Records supplied:

****

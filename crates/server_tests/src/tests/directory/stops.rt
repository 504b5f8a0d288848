// A broker that is stopped after each single step of its couriers, and started again from what is stored.
use super::broker::Broker;
use super::letters::{GRAVE, T, play};
use super::world::{Scene, asked, open, settle, sit, with_rows};
use delivery_machine::{Delivery, Reply};
use position_core::Entry;
use std::process::Abort;
use std::rt::Clock;
use std::sync::Wait;
use std::sync::atomic::{AtomicU64, Ordering};
use std::test::*;

/// A letter as it stands in its dead-letter topic: its courier, its ordinal, its payload.
type Moved = (&'static str, i64, &'static [u8]);

/// What is published and dies, and what is moved then.
#[derive(Clone, Copy)]
struct Deaths {
    publishes: &'static [&'static str],
    /// For each subscription what its consumer asks for.
    consumers: &'static [&'static [&'static str]],
    subscriptions: &'static [&'static str],
    grave: &'static str,
    moved: &'static [Moved],
}

const ONE: Deaths = Deaths {
    publishes: &["producer p -", "publish 1 0 - aGk= 1000"],
    consumers: &[&[
        "subscribe s Shared 0 push:10 0 100 1 - Earliest",
        "dispatch s 1000",
        "nack 1 CAAQAA== 1000",
        "tick s 1100",
        "dispatch s 1100",
        "nack 1 CAAQAA== 1100",
        "tick s 1200",
    ]],
    subscriptions: &["s"],
    grave: GRAVE,
    moved: &[("dlq/public/default/t/s", 0, b"hi")],
};

/// Two letters of each of two subscriptions, all for one topic.
const FOUR: Deaths = Deaths {
    publishes: &[
        "producer p -",
        "publish 1 0 - aGk= 1000",
        "publish 1 1 - aG8= 1000",
    ],
    consumers: &[
        &[
            "subscribe s Shared 0 push:10 0 100 1 persistent://public/default/g Earliest",
            "dispatch s 1000",
            "dispatch s 1000",
            "nack 1 CAAQAA== 1000",
            "nack 1 CAAQAQ== 1000",
            "tick s 1100",
            "tick s 1100",
            "dispatch s 1100",
            "dispatch s 1100",
            "nack 1 CAAQAQ== 1100",
            "tick s 1200",
            "nack 1 CAAQAA== 1200",
            "tick s 1300",
        ],
        &[
            "subscribe u Shared 0 push:10 0 100 1 persistent://public/default/g Earliest",
            "dispatch u 1000",
            "dispatch u 1000",
            "nack 2 CAAQAA== 1000",
            "nack 2 CAAQAQ== 1000",
            "tick u 1100",
            "tick u 1100",
            "dispatch u 1100",
            "dispatch u 1100",
            "nack 2 CAAQAA== 1100",
            "nack 2 CAAQAQ== 1100",
            "tick u 1200",
            "tick u 1200",
        ],
    ],
    subscriptions: &["s", "u"],
    grave: "persistent://public/default/g",
    moved: &[
        ("dlq/public/default/t/s", 0, b"ho"),
        ("dlq/public/default/t/s", 1, b"hi"),
        ("dlq/public/default/t/u", 2, b"hi"),
        ("dlq/public/default/t/u", 3, b"ho"),
    ],
};

fn play_at<D: Broker, R: Abort + AllocGlobal + Wait>(rt: &R, topics: &D, lines: &[&str]) {
    let seat = sit(rt, topics, T);
    play(rt, topics, &seat, lines);
    topics.detach(rt, seat);
}

fn number_in(reply: &Reply) -> u64 {
    match reply {
        Reply::Stats { dead, .. } => *dead,
        Reply::Progress { length, durable: _ } => *length,
        _ => 0,
    }
}

/// The number that the topic answers to the line.
pub(super) fn number<D: Broker, R: Abort + AllocGlobal + Wait>(
    rt: &R,
    topics: &D,
    name: &str,
    line: &str,
) -> u64 {
    let seat = sit(rt, topics, name);
    let reply = asked(rt, topics, &seat, line);
    let number = number_in(&reply);
    drop(reply);
    topics.detach(rt, seat);
    number
}

fn is_moved(entry: &Entry, moved: &Moved) -> bool {
    let (courier, ordinal, payload) = *moved;
    entry.producer.as_str() == courier
        && entry.sequence == ordinal
        && entry.body.content().payload.as_slice() == payload
}

impl Deaths {
    /// All die once they are stored.
    fn die<D: Broker, R: Abort + AllocGlobal + Wait + Clock>(&self, rt: &R, topics: &D) {
        play_at(rt, topics, self.publishes);
        settle(rt, topics);
        for lines in self.consumers {
            play_at(rt, topics, lines);
        }
    }

    /// How many letters lie in their topic.
    fn left<D: Broker, R: Abort + AllocGlobal + Wait>(&self, rt: &R, topics: &D) -> u64 {
        let mut left: u64 = 0;
        for subscription in self.subscriptions {
            let line = format!(in rt.alloc(); "stats {subscription}").expect(rt, "no memory");
            left = left.saturating_add(number(rt, topics, T, line.as_str()));
        }
        left
    }

    /// Whether a letter lies still of which there is a copy.
    fn is_between<D: Broker, R: Abort + AllocGlobal + Wait>(&self, rt: &R, topics: &D) -> bool {
        let copies = number(rt, topics, self.grave, "progress");
        copies.saturating_add(self.left(rt, topics)) > self.moved.len() as u64
    }

    /// Those of the courier stand among the copies in the order of dying, and none else of it.
    fn are_in_order(&self, copies: &[Delivery], courier: &str) -> bool {
        let mut left = self.moved.iter().filter(|moved| moved.0 == courier);
        for copy in copies {
            let entry = copy.message.entry();
            if entry.producer.as_str() == courier {
                match left.next() {
                    Some(moved) if is_moved(entry, moved) => {}
                    _ => return false,
                }
            }
        }
        left.next().is_none()
    }

    fn are_moved(&self, copies: &[Delivery]) -> bool {
        copies.len() == self.moved.len()
            && self
                .moved
                .iter()
                .all(|moved| self.are_in_order(copies, moved.0))
    }

    /// The dead-letter topic has each letter once, those of one subscription in the order of dying, and nothing else.
    fn check_copies<D: Broker, R: Abort + AllocGlobal + Wait>(&self, rt: &R, topics: &D) {
        let seat = sit(rt, topics, self.grave);
        play(
            rt,
            topics,
            &seat,
            &["subscribe g Shared 0 push:10 0 0 0 - Earliest"],
        );
        for _ in 0..self.moved.len() + 1 {
            drop(asked(rt, topics, &seat, "dispatch g 2000"));
        }
        let reply = asked(rt, topics, &seat, "collect 1");
        assert!(rt; matches!(&reply, Reply::Copies(copies) if self.are_moved(copies.as_slice())));
        drop(reply);
        topics.detach(rt, seat);
    }

    /// Once all couriers have gone as far as they can, no letter is left, and each is where it belongs; or nothing has died.
    fn check<D: Broker, R: Abort + AllocGlobal + Wait + Clock>(
        &self,
        rt: &R,
        topics: &D,
        has_died: bool,
    ) {
        settle(rt, topics);
        assert!(rt; self.left(rt, topics) == 0);
        if has_died {
            self.check_copies(rt, topics);
        } else {
            assert!(rt; number(rt, topics, self.grave, "progress") == 0);
        }
    }
}

/// A broker that is stopped, so many times in a row, after so many of its thread's tasks and its couriers' steps.
#[derive(Drop)]
struct Stops<'a> {
    deaths: Deaths,
    steps: u32,
    times: u32,
    /// A worker stores what waits before each stop.
    helps: bool,
    /// How often a stop came between a copy and the end of its letter.
    between: &'a AtomicU64,
}

pub(super) fn do_steps<D: Broker, R: Abort + AllocGlobal + Wait + Clock>(
    rt: &R,
    topics: &D,
    steps: u32,
) {
    let mut errands = D::tasks(rt);
    for _ in 0..steps {
        topics.keep_once(rt, &mut errands);
    }
    drop(errands);
}

/// The broker that is started again from what is stored.
pub(super) fn again<D: Broker, R: Abort + AllocGlobal>(rt: &R, topics: D) -> D {
    let (keeper, _) = topics.stop(rt);
    open(rt, keeper, 8)
}

impl<'a> Stops<'a> {
    /// The broker that is started again after a stop. The topic is open in it.
    fn stopped<D: Broker, R: Abort + AllocGlobal + Wait + Clock>(&self, rt: &R, topics: D) -> D {
        do_steps(rt, &topics, self.steps);
        if self.helps {
            topics.help(rt, 1);
        }
        let topics = again(rt, topics);
        if self.deaths.is_between(rt, &topics) {
            self.between.fetch_add(1, Ordering::SeqCst);
        }
        topics
    }
}

impl<'a> Scene for Stops<'a> {
    fn play<D: Broker, R: Abort + AllocGlobal + Wait + Clock>(&self, rt: &R, keeper: D::Rows) {
        let mut topics: D = open(rt, keeper, 8);
        self.deaths.die(rt, &topics);
        for _ in 0..self.times {
            topics = self.stopped(rt, topics);
        }
        let has_died = self.steps > 0 || self.helps;
        self.deaths.check(rt, &topics, has_died);
        drop(topics);
    }
}

/// The broker is stopped after so many steps, with and without a store before the stop.
fn stop_after<R: Abort + AllocGlobal + Wait + Clock>(
    rt: &R,
    deaths: Deaths,
    steps: u32,
    times: u32,
    between: &AtomicU64,
) {
    for helps in [false, true] {
        let stops = Stops {
            deaths,
            steps,
            times,
            helps,
            between,
        };
        with_rows(rt, &stops);
    }
}

/// The broker is stopped after each of so many steps: so often a stop came between a copy and the end of its letter.
fn stop_each<R: Abort + AllocGlobal + Wait + Clock>(
    rt: &R,
    deaths: Deaths,
    most: u32,
    times: u32,
) -> u64 {
    let between = AtomicU64::new(0);
    for steps in 0..most {
        stop_after(rt, deaths, steps, times, &between);
    }
    between.load(Ordering::SeqCst)
}

#[test]
fn a_letter_is_moved_once_whatever_step_is_the_last(rt: HostRuntime) {
    let between = stop_each(&rt, ONE, 16, 1);
    assert!(rt; between > 3, "{between}");
}

#[test]
fn a_letter_is_moved_once_however_often_the_broker_stops(rt: HostRuntime) {
    let between = stop_each(&rt, ONE, 16, 3);
    assert!(rt; between > 3, "{between}");
}

#[test]
fn four_letters_on_the_way_at_once_are_moved_once(rt: HostRuntime) {
    let between = stop_each(&rt, FOUR, 32, 2);
    assert!(rt; between > 10, "{between}");
}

****

Prompt: From the entries above, print the lines beginning at the one with "topics = self.stopped(rt, topics);" and stopping after the one with "before the stop.", exactly as written and with nothing else.

Solution below:
            topics = self.stopped(rt, topics);
        }
        let has_died = self.steps > 0 || self.helps;
        self.deaths.check(rt, &topics, has_died);
        drop(topics);
    }
}

/// The broker is stopped after so many steps, with and without a store before the stop.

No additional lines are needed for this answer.